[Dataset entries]
========================================================================

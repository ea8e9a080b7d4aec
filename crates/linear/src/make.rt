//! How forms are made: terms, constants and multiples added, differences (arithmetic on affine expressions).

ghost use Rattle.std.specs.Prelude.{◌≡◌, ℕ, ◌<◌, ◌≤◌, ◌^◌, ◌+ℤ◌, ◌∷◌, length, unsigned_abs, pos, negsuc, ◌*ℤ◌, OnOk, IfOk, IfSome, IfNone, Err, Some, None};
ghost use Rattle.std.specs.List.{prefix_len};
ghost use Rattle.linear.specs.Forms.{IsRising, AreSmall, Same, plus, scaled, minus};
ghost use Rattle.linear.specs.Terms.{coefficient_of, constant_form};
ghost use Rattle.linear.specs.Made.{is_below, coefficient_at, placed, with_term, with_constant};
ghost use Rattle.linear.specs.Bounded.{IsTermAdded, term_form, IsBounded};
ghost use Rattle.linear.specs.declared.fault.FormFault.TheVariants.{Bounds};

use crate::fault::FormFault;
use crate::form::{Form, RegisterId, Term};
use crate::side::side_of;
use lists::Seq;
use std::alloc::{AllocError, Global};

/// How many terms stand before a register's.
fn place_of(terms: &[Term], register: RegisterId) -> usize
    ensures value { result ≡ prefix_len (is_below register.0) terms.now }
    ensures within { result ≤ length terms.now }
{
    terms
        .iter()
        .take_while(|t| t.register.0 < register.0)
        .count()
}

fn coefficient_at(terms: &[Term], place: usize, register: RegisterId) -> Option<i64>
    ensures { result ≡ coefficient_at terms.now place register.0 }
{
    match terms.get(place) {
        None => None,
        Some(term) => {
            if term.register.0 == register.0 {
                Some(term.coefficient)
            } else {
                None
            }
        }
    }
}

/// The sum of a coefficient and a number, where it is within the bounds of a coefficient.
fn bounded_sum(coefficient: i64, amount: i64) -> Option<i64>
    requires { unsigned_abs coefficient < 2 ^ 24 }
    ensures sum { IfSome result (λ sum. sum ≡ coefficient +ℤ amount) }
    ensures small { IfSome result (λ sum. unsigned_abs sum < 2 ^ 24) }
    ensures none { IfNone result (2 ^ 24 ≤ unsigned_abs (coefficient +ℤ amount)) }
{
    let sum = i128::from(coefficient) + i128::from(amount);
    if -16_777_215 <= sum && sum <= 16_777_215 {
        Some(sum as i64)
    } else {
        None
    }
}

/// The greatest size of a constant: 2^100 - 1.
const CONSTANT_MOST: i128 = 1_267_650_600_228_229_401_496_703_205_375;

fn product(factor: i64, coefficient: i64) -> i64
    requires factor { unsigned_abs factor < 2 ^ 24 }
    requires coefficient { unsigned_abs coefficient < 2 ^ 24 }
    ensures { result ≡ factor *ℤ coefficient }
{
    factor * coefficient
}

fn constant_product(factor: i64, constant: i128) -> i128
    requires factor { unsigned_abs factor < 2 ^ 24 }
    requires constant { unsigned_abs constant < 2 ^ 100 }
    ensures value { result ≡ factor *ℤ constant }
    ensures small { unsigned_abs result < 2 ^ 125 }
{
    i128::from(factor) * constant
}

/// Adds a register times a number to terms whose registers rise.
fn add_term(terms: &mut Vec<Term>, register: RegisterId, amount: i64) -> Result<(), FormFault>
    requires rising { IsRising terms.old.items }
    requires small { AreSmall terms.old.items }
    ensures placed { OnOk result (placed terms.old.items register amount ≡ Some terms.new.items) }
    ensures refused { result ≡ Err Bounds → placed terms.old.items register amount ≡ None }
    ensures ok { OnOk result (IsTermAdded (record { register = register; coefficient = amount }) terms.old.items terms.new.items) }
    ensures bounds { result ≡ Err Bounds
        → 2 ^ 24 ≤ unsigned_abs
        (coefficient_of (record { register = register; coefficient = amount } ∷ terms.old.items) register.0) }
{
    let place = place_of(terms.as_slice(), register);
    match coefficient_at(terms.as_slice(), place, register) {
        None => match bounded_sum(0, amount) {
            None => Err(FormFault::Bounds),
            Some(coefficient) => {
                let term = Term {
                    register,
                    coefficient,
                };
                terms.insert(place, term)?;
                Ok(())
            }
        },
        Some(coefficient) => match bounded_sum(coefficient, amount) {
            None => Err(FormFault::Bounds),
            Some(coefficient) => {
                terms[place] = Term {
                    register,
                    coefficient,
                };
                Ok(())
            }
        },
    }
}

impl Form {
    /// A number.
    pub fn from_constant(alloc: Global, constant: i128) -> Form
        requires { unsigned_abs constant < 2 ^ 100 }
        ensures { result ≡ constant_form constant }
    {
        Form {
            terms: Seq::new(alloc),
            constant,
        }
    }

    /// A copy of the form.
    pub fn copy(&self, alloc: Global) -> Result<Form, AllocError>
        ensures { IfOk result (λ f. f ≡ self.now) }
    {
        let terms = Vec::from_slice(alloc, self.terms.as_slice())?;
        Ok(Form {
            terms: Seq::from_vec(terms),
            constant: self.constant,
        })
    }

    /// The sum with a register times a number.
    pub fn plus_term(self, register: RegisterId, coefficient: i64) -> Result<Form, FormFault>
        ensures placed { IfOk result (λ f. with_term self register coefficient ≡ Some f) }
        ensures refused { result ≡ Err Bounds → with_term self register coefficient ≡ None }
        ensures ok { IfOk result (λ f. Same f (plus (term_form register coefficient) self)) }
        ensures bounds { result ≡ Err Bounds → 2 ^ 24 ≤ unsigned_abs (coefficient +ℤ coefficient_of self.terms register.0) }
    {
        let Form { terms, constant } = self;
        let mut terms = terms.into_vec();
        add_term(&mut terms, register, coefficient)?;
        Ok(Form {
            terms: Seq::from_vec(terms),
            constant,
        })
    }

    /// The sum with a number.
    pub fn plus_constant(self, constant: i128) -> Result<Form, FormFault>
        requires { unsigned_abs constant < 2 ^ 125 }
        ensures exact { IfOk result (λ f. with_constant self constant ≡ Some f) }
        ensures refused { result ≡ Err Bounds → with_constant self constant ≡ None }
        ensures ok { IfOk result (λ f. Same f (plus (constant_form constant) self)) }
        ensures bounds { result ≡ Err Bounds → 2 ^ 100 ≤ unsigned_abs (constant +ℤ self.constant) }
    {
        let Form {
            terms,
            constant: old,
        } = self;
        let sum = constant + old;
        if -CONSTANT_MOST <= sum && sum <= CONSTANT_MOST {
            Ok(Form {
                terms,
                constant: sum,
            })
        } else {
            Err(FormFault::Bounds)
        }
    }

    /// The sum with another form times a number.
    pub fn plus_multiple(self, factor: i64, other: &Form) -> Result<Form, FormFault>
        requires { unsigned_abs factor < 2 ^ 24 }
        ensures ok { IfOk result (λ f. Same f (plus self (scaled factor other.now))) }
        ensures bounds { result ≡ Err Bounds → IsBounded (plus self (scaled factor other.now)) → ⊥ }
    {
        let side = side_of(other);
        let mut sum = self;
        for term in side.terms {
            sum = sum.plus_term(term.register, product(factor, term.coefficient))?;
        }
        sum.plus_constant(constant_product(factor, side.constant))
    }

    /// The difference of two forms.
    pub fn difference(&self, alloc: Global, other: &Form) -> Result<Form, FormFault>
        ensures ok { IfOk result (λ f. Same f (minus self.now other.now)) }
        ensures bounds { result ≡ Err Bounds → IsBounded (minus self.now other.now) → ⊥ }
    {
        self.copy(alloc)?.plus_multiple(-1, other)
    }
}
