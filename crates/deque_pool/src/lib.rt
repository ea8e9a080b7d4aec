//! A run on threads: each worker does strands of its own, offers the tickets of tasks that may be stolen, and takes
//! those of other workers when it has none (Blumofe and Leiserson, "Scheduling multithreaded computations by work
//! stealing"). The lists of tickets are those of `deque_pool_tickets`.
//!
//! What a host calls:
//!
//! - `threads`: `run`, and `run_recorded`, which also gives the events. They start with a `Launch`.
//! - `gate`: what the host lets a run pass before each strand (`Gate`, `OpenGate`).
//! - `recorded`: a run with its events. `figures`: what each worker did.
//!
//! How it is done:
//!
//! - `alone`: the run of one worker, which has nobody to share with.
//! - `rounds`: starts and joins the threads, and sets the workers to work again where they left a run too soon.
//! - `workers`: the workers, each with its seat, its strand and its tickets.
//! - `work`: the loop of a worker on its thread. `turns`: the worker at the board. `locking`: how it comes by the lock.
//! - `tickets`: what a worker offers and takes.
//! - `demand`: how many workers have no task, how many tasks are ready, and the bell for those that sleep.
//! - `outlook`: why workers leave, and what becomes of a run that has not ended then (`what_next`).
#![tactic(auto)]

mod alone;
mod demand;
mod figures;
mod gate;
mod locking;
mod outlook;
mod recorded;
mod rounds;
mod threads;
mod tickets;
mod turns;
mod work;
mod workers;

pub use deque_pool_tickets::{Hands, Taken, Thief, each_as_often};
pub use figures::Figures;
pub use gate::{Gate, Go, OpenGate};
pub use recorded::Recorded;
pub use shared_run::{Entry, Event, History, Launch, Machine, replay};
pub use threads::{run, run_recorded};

========================================================================

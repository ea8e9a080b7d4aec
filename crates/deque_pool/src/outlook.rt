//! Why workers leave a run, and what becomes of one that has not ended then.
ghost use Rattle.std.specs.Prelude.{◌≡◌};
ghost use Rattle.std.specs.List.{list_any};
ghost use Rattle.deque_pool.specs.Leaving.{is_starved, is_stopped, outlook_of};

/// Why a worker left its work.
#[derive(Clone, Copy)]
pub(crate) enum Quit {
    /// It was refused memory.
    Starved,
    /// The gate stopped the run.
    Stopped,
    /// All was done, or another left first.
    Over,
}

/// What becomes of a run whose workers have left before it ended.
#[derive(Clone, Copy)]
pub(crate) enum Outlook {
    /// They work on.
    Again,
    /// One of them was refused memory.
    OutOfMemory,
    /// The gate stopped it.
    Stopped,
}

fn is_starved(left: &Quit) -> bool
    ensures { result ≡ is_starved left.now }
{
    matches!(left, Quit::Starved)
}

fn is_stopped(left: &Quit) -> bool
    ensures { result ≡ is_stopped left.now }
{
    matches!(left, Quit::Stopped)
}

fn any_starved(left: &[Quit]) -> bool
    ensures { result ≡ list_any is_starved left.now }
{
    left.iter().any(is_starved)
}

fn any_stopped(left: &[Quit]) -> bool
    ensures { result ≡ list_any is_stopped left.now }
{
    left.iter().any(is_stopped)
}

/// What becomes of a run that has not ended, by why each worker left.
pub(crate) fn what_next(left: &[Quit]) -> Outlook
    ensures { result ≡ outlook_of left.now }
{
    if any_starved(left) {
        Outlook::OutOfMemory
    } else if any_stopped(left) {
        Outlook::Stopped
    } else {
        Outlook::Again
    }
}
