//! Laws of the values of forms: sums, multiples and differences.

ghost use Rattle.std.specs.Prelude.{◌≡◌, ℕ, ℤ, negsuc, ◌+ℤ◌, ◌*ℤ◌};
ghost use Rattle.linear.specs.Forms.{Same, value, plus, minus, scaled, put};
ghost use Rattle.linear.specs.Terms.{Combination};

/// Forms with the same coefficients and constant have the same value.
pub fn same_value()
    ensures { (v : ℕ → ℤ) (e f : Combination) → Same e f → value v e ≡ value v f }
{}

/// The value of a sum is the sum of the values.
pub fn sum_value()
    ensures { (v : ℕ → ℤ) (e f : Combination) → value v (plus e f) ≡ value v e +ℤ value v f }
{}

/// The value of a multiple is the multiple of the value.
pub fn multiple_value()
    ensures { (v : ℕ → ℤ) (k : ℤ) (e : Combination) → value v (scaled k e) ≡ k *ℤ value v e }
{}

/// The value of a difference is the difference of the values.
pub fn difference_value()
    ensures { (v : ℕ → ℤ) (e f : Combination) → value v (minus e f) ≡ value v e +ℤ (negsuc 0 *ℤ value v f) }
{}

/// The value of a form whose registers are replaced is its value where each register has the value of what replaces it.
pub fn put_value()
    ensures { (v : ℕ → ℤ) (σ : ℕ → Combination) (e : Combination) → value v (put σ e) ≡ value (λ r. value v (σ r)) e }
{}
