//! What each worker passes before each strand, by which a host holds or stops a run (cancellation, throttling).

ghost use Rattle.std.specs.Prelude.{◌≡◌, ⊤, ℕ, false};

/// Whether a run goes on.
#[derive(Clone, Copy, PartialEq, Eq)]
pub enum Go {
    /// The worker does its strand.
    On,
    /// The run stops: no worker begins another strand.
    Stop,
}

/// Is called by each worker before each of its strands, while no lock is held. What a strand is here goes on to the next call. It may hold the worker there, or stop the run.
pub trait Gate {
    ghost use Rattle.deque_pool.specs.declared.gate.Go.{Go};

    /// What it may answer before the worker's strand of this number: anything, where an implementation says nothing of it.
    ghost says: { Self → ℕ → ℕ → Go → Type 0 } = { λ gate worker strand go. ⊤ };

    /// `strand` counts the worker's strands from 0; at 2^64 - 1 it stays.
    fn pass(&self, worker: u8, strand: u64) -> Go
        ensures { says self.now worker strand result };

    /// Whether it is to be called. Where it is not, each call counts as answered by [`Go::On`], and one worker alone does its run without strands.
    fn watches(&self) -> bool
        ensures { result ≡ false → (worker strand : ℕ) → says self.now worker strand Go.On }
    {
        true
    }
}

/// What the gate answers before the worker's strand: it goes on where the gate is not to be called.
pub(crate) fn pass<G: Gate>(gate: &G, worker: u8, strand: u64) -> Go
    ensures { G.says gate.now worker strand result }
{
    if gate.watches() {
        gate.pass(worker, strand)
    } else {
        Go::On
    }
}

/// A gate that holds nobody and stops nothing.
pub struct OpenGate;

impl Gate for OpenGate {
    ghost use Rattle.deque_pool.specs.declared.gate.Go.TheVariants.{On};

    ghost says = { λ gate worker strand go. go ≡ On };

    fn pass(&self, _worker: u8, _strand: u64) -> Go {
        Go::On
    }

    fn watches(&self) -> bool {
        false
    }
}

========================================================================

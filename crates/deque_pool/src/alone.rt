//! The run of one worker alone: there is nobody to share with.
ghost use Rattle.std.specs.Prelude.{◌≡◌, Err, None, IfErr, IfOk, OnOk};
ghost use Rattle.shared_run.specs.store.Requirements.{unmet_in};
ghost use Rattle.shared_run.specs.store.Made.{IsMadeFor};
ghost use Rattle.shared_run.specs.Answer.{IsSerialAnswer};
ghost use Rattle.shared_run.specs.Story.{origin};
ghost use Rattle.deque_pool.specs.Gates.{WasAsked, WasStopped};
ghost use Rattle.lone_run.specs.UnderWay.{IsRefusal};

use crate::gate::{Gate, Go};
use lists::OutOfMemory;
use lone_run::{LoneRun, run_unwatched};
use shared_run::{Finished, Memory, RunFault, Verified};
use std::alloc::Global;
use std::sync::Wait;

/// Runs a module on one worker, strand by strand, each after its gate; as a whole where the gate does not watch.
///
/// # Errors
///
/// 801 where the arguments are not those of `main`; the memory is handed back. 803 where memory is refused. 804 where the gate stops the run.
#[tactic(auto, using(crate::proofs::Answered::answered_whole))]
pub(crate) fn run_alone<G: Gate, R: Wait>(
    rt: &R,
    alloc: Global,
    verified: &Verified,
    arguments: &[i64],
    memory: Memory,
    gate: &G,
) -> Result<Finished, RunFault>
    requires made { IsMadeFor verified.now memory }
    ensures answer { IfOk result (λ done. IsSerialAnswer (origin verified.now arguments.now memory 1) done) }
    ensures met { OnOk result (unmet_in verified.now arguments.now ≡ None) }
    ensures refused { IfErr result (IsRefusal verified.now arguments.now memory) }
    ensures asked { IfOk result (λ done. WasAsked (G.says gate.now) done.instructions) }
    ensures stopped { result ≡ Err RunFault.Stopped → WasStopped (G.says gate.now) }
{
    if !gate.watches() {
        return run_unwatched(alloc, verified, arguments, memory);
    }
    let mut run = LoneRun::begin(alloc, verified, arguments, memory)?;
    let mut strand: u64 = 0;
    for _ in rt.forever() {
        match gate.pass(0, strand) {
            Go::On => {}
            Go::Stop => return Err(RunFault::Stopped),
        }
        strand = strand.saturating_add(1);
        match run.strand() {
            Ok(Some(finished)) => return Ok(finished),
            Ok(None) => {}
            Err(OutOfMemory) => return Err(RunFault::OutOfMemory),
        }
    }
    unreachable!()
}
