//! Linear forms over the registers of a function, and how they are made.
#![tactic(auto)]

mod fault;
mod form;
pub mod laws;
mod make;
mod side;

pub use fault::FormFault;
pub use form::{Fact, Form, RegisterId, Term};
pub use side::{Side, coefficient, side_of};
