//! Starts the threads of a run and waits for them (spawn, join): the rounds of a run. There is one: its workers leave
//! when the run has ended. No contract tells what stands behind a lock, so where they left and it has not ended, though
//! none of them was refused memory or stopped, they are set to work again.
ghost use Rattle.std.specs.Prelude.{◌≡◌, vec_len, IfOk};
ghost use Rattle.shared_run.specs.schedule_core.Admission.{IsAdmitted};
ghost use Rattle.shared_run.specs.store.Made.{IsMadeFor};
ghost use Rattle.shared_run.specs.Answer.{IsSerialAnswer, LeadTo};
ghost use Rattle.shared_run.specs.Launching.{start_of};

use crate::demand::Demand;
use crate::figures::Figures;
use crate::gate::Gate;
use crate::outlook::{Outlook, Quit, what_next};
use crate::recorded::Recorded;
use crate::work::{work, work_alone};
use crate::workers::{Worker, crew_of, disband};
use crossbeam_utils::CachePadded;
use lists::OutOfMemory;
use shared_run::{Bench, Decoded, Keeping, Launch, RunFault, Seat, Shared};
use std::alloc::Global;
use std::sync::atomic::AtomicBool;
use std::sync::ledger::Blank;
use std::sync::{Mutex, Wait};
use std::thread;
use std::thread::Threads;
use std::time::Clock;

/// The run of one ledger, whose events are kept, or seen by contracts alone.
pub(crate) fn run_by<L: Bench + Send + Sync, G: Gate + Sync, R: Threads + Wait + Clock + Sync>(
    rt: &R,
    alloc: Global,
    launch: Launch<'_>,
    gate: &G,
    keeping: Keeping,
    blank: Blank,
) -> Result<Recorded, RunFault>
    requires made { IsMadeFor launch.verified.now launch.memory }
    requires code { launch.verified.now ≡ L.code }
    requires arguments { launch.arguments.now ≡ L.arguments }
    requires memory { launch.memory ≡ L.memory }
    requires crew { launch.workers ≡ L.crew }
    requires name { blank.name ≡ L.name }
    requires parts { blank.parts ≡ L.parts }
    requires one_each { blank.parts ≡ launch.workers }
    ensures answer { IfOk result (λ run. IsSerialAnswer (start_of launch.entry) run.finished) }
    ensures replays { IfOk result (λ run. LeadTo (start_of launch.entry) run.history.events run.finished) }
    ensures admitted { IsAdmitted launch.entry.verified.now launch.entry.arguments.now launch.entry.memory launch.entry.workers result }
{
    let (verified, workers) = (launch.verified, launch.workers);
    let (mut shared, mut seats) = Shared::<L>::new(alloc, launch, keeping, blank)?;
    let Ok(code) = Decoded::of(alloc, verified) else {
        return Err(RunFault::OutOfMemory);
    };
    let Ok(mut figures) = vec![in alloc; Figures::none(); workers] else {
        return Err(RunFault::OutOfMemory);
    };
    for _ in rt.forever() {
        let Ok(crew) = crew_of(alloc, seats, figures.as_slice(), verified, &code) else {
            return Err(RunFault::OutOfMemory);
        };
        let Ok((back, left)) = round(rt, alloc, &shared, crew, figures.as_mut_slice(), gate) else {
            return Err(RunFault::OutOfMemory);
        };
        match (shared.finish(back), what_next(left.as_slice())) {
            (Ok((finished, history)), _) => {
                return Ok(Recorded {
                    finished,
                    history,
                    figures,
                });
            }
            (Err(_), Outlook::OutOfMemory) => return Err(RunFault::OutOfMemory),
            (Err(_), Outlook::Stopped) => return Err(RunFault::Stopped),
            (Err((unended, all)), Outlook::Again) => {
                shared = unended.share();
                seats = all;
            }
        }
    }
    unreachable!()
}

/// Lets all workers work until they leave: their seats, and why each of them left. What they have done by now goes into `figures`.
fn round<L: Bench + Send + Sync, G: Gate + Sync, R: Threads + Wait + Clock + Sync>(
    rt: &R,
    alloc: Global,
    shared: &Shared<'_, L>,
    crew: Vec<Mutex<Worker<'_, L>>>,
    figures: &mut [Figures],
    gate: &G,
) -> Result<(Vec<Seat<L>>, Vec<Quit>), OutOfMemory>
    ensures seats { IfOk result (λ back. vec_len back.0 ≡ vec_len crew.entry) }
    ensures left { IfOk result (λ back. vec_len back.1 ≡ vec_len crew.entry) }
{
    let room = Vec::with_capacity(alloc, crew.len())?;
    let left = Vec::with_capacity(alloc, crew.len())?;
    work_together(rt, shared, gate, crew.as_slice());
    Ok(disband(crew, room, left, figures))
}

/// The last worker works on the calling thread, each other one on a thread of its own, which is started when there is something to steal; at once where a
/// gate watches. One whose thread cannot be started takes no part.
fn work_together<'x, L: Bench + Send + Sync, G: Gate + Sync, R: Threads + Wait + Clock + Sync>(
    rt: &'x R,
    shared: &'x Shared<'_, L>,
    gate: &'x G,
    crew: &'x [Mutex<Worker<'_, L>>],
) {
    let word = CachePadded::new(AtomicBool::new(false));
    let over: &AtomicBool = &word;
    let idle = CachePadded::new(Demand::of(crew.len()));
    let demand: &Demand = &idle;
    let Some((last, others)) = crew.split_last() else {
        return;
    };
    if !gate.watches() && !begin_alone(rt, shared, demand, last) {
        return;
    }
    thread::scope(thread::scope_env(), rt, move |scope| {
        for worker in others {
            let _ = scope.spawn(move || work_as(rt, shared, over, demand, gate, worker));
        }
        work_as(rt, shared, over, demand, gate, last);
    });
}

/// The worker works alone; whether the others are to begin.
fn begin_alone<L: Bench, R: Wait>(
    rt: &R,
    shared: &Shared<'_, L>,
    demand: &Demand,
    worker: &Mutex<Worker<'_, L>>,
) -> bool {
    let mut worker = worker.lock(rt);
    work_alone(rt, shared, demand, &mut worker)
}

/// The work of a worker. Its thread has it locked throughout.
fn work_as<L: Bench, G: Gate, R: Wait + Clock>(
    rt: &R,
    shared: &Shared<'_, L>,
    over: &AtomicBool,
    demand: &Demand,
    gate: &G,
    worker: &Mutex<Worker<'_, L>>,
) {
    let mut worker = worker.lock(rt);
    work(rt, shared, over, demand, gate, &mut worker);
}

========================================================================

▸ Exercise description:
Copy out each line in the preceding records that contains "spawn".

▸ Solution for this exercise:
//! Starts the threads of a run and waits for them (spawn, join): the rounds of a run. There is one: its workers leave
            let _ = scope.spawn(move || work_as(rt, shared, over, demand, gate, worker));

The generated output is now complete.